[Stored data]
----

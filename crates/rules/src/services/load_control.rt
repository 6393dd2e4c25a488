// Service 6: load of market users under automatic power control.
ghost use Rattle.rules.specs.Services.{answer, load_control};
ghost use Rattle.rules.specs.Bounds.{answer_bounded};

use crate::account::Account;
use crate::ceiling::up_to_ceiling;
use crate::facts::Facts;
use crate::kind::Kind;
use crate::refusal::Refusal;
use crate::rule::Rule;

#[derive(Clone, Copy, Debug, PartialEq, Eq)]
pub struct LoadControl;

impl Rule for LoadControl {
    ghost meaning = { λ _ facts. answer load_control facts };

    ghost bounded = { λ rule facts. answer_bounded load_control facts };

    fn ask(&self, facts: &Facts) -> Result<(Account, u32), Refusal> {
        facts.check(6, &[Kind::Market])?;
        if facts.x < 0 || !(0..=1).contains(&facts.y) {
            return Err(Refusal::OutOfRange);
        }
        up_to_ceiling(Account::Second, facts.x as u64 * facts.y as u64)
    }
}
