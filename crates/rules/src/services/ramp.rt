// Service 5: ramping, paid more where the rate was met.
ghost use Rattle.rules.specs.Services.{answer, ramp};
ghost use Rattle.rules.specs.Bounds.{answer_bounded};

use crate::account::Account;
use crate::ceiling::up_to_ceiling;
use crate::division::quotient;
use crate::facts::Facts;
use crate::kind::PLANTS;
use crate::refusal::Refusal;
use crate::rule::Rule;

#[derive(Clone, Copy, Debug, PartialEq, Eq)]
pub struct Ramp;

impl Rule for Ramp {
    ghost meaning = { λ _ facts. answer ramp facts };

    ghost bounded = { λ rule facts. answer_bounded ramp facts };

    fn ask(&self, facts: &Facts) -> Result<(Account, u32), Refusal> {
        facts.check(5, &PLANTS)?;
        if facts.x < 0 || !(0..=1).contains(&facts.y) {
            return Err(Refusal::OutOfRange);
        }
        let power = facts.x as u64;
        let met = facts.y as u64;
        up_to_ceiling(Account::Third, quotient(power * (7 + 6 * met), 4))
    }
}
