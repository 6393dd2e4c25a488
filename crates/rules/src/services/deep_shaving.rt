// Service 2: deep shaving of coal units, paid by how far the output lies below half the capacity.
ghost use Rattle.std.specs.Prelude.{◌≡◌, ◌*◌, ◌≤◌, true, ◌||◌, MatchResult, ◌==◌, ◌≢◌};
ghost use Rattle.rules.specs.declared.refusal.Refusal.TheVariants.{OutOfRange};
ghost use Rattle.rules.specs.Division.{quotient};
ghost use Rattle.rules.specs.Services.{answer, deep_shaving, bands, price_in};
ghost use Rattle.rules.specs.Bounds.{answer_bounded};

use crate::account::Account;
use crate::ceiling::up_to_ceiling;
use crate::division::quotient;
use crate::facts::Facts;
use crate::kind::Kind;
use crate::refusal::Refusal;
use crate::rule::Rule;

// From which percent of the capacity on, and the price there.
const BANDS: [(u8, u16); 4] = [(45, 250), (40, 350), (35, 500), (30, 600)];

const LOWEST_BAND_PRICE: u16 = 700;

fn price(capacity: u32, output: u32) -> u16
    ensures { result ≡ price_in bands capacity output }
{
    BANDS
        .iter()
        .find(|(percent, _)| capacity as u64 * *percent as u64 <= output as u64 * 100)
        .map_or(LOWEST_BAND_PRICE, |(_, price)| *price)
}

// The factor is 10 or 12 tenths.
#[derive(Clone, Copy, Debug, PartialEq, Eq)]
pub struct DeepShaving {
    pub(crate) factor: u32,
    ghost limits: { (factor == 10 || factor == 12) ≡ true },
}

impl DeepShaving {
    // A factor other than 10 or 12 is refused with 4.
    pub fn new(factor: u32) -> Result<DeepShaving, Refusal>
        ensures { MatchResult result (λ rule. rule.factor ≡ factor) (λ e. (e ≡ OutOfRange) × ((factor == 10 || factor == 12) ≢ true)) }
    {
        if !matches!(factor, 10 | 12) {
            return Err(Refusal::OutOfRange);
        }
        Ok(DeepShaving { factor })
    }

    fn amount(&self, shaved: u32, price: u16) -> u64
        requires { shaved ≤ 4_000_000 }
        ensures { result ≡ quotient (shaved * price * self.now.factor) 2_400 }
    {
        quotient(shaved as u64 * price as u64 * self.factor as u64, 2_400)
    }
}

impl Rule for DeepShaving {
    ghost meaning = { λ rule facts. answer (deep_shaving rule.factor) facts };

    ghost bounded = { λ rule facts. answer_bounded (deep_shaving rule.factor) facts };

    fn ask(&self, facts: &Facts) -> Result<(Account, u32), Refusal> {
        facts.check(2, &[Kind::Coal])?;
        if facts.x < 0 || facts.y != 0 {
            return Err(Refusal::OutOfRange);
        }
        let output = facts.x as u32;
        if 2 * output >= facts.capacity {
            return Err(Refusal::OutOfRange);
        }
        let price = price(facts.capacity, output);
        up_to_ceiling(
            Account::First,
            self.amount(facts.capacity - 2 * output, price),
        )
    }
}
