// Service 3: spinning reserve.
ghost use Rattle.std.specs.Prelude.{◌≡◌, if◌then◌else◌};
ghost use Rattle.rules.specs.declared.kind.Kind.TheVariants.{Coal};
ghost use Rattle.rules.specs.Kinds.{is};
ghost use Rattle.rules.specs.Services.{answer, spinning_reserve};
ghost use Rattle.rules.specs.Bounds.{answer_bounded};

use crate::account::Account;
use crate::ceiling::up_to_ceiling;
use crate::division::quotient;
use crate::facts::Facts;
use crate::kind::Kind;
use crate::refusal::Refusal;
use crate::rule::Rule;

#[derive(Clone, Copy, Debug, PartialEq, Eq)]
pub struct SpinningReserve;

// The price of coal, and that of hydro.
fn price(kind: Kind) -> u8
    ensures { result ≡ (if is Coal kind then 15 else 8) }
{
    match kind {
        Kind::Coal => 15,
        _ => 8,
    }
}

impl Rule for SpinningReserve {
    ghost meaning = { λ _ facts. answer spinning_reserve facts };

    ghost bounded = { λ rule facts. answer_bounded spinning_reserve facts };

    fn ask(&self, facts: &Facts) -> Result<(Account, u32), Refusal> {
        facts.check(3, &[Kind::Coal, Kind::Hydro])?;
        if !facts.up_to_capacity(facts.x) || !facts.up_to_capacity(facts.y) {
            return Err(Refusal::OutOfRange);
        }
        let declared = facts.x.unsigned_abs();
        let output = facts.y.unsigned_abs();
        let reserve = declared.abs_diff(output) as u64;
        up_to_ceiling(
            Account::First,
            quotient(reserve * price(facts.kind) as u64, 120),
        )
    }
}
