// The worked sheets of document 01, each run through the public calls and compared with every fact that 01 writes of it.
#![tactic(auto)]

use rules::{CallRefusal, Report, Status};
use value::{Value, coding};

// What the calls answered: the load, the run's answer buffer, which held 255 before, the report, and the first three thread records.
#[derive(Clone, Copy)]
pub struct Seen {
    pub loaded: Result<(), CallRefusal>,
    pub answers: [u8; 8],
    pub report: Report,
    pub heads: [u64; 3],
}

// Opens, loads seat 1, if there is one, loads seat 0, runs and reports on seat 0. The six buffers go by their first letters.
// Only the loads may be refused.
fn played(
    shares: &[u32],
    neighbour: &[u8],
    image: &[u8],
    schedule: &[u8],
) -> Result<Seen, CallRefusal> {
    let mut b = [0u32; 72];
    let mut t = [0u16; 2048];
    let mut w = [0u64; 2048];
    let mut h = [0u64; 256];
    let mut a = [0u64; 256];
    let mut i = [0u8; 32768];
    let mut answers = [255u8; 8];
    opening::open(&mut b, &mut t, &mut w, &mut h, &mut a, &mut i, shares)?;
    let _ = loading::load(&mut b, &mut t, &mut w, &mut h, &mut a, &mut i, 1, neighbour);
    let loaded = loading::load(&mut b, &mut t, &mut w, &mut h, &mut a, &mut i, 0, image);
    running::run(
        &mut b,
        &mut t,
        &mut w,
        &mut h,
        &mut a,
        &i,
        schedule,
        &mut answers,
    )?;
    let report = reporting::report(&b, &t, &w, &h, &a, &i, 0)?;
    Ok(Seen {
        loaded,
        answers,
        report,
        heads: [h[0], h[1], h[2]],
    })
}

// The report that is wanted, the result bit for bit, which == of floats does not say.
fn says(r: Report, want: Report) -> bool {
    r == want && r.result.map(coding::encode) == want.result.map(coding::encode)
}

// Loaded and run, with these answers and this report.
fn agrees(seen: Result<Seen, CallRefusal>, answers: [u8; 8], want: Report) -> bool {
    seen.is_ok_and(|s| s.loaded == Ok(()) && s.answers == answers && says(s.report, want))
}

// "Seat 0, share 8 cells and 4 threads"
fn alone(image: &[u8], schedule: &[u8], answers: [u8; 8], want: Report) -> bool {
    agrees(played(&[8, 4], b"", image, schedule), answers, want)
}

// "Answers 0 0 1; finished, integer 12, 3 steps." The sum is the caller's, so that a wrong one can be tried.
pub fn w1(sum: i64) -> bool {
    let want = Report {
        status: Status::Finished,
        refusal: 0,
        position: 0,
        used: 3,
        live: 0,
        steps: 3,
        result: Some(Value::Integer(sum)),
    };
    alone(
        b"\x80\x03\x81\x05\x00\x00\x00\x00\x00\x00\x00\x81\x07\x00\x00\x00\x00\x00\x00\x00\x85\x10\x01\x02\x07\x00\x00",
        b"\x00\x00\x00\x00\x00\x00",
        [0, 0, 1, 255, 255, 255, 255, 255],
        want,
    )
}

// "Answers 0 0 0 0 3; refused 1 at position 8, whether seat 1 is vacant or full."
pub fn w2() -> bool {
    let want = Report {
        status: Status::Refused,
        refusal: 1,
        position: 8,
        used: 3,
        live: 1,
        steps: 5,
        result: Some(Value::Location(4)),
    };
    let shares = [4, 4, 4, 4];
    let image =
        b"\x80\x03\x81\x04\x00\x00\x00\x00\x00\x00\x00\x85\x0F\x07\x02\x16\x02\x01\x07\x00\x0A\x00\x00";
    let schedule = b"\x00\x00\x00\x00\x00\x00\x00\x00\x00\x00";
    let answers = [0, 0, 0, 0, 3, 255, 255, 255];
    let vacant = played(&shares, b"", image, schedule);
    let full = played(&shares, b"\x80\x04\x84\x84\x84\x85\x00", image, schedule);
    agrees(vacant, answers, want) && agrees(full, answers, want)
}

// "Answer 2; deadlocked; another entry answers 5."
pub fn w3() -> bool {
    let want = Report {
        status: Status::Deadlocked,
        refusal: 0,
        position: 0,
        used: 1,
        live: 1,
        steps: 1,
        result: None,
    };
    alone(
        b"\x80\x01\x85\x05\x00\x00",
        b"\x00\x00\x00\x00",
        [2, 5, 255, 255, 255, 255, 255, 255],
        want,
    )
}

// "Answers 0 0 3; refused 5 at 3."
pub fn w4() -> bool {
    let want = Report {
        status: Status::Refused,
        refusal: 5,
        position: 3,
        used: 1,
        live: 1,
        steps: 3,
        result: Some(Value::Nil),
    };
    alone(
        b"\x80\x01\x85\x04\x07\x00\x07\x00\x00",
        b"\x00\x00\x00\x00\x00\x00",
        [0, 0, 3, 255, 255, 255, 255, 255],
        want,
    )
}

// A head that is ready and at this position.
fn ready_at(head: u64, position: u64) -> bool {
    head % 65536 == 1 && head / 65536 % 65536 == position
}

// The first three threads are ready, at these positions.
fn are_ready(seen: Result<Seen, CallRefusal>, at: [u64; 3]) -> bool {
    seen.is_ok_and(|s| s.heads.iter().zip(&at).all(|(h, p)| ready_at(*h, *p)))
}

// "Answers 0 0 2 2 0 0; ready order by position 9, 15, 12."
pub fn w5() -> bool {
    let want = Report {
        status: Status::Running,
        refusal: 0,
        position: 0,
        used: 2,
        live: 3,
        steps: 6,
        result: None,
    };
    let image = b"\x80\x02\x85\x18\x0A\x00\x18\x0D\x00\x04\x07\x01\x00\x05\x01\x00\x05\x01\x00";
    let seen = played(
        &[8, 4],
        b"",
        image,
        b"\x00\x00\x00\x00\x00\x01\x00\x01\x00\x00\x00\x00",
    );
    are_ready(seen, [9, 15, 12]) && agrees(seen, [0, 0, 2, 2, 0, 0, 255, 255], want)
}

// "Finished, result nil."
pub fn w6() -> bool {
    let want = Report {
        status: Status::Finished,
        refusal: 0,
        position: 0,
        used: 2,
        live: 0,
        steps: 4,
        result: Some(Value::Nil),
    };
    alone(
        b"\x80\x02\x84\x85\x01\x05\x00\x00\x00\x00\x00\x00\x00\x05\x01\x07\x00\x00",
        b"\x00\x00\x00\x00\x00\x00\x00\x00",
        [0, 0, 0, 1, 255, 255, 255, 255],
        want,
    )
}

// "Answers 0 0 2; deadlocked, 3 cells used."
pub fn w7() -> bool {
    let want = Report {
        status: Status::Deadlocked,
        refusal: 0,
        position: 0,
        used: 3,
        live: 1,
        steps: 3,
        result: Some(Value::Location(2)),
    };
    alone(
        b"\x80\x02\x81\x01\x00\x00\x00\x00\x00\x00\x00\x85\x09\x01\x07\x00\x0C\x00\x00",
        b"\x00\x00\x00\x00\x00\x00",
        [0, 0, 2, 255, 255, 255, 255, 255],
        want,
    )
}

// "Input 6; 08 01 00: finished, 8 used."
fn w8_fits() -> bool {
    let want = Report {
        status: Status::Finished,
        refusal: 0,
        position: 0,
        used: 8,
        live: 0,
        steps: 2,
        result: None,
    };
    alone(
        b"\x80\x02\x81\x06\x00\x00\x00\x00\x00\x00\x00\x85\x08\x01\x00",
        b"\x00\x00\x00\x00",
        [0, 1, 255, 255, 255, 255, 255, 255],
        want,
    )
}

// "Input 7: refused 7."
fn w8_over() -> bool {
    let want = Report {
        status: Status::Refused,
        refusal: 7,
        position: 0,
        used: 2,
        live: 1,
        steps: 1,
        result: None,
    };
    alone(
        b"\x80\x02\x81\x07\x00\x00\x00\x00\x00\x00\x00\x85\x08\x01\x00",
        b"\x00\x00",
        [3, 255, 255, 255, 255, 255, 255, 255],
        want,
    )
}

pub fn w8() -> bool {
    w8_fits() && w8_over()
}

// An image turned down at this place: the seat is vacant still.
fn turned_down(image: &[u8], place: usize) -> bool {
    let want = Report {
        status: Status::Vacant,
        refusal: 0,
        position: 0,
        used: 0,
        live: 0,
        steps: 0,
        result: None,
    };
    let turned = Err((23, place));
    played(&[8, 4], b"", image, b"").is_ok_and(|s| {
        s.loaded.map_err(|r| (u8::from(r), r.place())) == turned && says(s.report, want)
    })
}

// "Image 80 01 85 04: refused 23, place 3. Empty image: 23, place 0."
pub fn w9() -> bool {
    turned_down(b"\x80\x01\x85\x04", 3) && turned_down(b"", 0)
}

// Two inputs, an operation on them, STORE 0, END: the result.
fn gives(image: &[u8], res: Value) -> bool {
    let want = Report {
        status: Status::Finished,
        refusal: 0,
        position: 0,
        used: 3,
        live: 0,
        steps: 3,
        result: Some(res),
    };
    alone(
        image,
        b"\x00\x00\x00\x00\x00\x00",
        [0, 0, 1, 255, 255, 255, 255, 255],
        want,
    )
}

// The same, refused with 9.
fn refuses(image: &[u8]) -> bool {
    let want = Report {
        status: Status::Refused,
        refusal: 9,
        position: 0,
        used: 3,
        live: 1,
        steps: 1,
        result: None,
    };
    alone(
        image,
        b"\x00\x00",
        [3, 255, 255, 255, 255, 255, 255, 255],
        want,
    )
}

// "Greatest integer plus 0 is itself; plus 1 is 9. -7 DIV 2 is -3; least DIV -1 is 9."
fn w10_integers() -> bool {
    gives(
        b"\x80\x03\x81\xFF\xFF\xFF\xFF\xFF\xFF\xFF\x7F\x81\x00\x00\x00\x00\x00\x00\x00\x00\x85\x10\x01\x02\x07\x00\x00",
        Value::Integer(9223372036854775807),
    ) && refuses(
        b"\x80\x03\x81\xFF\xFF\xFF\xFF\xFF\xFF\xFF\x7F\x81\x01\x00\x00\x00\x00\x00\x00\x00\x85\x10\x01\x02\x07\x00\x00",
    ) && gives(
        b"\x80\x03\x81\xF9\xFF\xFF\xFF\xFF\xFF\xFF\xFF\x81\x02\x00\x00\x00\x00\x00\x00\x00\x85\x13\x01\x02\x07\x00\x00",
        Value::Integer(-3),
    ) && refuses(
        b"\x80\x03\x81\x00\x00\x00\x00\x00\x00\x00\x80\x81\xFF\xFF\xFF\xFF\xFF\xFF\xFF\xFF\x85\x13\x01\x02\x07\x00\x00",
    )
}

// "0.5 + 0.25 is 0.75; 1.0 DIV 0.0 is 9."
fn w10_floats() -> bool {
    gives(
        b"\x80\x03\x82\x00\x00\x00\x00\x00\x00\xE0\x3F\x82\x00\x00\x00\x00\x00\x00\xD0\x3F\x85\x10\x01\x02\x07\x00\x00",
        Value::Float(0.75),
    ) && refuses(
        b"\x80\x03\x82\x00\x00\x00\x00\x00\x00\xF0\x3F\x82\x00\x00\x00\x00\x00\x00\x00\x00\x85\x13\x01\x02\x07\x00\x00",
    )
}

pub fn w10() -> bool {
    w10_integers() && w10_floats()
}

----

# TASK DESCRIPTION
Within the data above, pick out all lines holding the word "TheVariants".

# SOLUTION TO THE PROBLEM
ghost use Rattle.rules.specs.declared.refusal.Refusal.TheVariants.{OutOfRange};
ghost use Rattle.rules.specs.declared.kind.Kind.TheVariants.{Coal};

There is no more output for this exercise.